_AIM OF THE EXERCISE_: Given the records below, pull every line with the word "bool" into the answer.

Stored data:
____________________
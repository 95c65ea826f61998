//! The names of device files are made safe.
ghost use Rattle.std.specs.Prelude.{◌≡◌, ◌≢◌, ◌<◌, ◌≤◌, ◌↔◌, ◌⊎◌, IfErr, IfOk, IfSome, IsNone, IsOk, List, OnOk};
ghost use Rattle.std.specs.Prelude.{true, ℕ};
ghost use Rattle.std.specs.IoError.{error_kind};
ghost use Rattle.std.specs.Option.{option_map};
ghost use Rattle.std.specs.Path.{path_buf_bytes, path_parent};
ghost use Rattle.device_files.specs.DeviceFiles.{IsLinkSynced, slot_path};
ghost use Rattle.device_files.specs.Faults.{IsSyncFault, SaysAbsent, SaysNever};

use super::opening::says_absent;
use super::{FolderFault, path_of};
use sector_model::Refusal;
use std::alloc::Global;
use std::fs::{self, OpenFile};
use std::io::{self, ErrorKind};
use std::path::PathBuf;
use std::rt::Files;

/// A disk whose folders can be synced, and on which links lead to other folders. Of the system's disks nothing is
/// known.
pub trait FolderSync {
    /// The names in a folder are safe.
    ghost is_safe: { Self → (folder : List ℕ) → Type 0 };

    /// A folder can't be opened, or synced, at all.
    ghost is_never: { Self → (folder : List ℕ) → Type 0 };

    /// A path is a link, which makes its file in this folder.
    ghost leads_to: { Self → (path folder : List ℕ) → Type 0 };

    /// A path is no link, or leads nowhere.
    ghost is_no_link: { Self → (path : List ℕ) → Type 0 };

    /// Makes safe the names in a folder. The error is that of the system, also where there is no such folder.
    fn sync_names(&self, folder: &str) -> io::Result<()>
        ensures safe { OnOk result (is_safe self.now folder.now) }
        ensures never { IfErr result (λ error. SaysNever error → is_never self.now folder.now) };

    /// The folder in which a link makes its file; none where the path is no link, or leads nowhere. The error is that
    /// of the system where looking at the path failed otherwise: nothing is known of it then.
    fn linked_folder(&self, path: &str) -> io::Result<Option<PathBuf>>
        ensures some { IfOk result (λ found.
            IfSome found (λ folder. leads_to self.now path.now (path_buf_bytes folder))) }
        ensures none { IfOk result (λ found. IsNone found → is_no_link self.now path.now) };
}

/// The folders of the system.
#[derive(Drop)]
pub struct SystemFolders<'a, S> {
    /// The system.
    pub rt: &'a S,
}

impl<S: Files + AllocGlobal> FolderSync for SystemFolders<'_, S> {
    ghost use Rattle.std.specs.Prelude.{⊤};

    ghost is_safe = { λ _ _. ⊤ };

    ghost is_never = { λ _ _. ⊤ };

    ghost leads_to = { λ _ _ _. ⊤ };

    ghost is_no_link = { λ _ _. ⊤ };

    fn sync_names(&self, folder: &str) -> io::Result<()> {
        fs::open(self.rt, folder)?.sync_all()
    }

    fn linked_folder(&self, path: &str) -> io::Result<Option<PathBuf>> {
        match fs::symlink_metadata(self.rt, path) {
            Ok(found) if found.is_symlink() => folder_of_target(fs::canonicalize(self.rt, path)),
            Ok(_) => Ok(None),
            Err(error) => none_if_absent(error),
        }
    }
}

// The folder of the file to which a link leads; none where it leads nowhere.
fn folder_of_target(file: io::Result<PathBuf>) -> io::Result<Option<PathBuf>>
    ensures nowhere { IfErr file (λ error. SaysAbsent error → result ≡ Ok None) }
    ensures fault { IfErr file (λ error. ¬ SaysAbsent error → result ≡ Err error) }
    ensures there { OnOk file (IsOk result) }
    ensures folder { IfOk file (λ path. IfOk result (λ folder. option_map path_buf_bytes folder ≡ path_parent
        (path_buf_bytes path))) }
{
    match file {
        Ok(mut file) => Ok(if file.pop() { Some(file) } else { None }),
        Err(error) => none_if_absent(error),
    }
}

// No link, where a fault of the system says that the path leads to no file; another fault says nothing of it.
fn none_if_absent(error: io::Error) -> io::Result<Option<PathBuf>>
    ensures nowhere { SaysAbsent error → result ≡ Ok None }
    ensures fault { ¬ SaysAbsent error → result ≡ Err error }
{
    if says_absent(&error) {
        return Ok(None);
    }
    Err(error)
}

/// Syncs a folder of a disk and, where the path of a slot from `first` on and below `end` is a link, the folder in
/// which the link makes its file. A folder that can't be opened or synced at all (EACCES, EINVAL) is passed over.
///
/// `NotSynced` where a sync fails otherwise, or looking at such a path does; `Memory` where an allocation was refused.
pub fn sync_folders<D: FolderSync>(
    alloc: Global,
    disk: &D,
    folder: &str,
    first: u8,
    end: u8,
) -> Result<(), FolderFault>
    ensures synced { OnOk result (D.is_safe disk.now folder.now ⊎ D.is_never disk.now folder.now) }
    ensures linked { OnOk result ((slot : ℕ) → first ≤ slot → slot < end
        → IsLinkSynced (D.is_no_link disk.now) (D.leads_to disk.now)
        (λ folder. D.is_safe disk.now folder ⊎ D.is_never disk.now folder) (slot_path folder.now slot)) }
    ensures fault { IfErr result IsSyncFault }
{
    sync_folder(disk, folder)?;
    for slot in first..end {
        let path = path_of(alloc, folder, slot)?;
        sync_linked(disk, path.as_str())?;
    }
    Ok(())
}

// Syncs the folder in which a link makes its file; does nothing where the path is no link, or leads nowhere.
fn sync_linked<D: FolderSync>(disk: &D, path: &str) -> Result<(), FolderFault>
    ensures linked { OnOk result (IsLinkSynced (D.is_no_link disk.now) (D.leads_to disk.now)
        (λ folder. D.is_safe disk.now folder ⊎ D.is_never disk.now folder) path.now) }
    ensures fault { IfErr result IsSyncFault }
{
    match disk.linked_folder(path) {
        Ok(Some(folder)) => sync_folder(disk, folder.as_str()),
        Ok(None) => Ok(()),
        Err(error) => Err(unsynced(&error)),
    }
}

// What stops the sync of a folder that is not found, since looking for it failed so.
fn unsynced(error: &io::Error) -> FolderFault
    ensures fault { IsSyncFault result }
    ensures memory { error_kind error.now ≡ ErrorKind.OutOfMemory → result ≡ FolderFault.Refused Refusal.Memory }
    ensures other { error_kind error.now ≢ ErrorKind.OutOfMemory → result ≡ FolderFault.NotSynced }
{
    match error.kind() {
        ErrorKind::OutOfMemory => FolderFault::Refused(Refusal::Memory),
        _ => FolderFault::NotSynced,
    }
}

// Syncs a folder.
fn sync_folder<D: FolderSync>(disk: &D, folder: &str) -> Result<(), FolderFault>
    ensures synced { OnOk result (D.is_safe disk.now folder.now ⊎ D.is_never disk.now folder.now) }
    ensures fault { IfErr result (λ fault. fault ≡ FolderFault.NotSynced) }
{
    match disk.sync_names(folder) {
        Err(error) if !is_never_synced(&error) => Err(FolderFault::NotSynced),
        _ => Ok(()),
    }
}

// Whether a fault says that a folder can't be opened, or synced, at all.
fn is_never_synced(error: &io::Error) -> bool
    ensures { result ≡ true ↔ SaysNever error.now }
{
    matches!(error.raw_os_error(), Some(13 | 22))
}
____________________
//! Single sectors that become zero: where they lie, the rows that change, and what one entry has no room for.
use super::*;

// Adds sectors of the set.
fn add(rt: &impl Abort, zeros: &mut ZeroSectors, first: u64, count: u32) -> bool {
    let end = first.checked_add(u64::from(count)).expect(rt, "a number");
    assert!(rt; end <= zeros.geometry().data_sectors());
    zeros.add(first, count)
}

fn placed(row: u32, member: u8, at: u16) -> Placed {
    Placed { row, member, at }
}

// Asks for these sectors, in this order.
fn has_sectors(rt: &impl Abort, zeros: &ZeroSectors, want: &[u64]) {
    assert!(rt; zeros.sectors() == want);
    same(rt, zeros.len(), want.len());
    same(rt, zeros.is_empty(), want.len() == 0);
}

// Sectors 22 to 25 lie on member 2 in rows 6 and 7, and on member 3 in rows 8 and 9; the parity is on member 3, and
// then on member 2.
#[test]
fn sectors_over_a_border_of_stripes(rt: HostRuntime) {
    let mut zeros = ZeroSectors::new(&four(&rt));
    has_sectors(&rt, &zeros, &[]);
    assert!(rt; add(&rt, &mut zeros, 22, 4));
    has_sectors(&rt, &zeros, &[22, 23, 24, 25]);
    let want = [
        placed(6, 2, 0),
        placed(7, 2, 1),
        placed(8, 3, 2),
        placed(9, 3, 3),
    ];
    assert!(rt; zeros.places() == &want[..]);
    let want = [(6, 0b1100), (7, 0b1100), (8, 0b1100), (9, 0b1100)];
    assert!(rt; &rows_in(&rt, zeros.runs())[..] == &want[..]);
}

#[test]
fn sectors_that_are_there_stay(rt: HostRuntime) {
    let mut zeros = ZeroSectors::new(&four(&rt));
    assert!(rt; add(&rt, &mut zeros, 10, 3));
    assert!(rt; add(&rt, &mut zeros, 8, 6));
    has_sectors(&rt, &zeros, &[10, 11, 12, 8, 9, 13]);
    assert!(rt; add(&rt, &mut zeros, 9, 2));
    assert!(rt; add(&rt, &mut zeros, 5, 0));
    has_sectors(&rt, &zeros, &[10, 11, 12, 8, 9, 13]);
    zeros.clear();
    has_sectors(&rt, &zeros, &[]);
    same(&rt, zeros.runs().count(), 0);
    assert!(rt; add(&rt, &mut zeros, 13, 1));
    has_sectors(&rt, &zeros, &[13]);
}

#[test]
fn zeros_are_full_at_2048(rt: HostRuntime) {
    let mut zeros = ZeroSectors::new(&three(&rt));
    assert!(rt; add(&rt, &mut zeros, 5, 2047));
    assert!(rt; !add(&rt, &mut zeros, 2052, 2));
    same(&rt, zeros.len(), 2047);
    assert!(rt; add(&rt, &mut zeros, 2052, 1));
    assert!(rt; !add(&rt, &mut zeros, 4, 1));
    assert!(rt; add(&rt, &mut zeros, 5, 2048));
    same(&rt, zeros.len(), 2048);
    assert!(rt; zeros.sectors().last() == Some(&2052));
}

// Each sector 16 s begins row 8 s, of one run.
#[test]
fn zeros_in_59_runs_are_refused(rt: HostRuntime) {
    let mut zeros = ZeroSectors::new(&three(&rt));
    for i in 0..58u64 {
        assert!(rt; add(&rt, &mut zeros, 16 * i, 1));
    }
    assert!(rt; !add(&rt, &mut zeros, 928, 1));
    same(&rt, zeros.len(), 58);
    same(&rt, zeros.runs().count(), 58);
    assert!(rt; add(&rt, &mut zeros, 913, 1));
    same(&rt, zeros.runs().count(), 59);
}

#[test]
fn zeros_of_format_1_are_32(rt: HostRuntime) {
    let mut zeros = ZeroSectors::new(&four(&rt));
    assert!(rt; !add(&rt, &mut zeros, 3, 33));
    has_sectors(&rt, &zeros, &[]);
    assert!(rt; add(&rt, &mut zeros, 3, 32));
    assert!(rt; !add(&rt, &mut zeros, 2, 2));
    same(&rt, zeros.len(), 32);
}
____________________
_EXERCISE SOLUTION_:
fn is_never_synced(error: &io::Error) -> bool
fn add(rt: &impl Abort, zeros: &mut ZeroSectors, first: u64, count: u32) -> bool {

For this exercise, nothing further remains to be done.